__EXERCISE__
Give the number of lines in the data that hold the string "right". Nothing else is needed.

Records excerpted from a collection:
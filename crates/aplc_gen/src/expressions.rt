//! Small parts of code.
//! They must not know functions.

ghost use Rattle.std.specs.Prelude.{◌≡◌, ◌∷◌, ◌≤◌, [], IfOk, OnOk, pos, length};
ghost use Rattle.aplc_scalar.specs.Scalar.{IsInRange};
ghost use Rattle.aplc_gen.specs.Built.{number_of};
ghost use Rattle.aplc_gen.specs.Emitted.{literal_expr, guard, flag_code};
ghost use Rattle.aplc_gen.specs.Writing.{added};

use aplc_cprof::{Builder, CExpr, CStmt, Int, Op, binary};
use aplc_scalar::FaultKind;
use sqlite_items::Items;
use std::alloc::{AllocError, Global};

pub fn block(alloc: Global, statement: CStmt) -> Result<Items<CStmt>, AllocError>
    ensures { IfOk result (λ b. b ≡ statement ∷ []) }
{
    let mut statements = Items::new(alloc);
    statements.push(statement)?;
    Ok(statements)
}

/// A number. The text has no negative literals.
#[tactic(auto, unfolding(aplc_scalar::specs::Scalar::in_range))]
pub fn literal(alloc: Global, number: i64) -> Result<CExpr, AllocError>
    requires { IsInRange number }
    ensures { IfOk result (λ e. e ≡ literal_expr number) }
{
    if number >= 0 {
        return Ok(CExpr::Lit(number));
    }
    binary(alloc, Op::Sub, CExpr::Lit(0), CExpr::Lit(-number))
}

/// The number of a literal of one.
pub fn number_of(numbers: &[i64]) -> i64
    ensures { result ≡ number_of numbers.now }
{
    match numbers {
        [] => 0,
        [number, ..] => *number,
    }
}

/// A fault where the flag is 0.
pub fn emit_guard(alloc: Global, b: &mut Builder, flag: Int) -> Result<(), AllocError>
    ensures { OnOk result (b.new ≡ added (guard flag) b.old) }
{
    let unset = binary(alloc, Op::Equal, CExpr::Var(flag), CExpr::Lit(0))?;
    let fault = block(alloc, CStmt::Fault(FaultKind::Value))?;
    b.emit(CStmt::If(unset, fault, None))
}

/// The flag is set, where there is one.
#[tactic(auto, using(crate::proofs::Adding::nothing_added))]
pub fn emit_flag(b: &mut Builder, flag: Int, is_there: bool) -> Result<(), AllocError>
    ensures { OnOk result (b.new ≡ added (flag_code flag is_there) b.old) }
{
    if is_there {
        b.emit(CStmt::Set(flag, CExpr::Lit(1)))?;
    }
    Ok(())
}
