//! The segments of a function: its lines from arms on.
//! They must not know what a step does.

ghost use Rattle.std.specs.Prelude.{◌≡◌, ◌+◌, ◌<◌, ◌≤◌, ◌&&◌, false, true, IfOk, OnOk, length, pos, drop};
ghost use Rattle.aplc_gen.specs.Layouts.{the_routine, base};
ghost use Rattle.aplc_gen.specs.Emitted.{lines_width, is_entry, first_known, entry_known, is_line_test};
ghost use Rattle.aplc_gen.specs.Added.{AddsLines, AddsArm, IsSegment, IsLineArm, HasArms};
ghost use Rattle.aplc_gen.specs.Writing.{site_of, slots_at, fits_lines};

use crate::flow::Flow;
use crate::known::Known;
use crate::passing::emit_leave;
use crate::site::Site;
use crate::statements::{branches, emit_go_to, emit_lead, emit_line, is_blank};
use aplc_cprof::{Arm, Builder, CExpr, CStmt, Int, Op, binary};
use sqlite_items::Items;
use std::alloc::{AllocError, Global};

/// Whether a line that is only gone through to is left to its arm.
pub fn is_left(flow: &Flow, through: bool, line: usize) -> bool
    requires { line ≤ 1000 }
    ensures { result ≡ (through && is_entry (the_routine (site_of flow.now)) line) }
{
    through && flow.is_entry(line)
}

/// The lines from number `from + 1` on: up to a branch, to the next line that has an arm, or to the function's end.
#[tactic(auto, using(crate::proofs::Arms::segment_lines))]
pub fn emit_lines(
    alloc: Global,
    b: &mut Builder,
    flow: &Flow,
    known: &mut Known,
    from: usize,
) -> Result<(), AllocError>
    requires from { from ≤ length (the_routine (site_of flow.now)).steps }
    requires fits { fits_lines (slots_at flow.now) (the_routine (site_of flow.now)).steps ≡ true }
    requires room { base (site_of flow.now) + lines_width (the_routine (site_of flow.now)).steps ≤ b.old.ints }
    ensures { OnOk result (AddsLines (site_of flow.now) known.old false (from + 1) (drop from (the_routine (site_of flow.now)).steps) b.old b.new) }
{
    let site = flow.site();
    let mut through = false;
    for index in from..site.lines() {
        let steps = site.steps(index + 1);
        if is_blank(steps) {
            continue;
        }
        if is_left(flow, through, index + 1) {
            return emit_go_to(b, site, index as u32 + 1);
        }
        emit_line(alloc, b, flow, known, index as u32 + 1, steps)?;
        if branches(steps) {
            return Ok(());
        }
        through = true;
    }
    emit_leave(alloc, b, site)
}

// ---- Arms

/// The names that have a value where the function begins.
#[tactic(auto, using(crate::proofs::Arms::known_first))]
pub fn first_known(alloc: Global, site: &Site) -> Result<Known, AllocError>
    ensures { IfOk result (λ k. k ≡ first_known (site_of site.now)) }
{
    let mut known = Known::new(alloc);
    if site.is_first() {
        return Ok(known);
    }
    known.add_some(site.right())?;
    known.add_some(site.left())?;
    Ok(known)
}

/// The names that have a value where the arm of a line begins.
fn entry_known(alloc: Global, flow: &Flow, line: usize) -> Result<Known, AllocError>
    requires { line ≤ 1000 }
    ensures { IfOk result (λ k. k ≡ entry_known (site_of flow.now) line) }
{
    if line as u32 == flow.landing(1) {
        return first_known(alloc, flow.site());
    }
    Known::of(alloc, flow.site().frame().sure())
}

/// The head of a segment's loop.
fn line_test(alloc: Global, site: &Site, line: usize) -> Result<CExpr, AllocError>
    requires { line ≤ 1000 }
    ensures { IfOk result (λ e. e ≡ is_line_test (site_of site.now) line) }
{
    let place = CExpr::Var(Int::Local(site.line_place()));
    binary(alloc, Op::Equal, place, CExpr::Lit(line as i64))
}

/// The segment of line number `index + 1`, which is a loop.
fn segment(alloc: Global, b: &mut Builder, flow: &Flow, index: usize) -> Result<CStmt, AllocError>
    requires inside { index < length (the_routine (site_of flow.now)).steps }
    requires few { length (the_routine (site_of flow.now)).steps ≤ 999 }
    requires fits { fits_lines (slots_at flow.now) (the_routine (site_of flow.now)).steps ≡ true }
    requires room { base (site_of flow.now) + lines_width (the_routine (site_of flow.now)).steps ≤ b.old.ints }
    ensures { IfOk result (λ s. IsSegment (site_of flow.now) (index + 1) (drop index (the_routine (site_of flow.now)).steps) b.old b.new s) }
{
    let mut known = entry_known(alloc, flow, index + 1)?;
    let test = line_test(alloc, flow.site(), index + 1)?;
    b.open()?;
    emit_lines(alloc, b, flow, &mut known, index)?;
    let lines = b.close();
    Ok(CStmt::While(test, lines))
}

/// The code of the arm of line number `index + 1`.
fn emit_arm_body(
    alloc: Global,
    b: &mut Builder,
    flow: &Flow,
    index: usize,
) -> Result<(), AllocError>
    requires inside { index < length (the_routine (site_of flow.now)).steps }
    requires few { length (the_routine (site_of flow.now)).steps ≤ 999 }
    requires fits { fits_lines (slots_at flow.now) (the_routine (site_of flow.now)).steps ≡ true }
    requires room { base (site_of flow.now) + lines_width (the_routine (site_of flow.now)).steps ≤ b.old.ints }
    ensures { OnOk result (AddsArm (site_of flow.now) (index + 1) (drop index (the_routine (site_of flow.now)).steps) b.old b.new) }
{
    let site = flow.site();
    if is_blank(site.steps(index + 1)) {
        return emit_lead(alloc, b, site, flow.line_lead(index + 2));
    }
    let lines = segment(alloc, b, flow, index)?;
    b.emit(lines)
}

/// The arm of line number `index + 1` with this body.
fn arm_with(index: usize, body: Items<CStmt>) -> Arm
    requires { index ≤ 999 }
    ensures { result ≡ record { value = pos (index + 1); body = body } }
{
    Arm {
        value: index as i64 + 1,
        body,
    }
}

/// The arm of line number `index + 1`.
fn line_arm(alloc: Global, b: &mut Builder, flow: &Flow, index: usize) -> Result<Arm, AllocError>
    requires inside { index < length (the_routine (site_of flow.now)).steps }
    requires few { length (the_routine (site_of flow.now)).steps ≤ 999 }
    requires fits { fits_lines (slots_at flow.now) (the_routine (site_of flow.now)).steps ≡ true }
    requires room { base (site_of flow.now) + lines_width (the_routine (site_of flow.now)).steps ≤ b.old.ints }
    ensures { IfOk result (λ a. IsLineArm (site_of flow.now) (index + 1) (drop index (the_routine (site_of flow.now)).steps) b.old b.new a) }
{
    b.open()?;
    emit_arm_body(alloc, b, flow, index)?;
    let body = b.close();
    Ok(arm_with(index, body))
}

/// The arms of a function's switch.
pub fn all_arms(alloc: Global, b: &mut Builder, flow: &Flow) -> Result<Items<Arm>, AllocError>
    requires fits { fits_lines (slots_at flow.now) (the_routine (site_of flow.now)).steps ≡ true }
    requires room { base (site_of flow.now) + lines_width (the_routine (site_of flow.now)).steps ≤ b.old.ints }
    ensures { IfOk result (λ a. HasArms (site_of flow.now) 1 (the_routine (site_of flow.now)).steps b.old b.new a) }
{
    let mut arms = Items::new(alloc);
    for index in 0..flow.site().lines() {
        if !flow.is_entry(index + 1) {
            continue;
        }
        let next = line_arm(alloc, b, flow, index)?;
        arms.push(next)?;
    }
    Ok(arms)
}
--
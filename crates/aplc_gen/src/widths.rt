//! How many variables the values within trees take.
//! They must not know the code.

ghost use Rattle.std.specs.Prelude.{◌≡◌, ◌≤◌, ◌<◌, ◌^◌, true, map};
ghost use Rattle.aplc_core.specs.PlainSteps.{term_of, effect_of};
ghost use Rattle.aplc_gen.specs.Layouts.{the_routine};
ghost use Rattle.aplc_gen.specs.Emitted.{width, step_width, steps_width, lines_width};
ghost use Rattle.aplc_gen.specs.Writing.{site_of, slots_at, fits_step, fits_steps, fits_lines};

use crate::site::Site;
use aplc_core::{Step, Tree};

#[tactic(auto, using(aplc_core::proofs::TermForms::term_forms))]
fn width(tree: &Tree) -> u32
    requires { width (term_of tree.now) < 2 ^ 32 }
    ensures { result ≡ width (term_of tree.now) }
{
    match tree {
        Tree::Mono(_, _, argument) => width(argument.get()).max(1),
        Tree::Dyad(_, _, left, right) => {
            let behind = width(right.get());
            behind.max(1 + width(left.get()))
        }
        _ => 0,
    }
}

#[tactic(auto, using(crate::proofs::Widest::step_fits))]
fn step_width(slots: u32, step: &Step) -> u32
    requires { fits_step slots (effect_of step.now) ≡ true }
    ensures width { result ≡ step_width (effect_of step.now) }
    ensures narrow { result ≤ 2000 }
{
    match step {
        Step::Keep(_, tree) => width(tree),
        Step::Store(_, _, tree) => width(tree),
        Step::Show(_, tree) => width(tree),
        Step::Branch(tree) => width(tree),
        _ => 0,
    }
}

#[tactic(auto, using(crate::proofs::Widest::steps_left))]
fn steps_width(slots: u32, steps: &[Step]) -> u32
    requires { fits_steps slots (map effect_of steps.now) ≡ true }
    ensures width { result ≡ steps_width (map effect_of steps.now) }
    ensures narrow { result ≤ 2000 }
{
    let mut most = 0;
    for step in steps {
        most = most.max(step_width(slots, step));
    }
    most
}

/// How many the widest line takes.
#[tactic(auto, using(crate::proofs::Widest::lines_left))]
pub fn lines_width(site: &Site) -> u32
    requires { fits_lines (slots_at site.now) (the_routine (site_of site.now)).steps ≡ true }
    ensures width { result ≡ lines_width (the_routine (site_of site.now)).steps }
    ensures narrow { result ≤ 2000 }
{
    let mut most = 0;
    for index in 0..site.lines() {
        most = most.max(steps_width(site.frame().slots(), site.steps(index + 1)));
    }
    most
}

__SOLUTION TO THIS PROBLEM__
3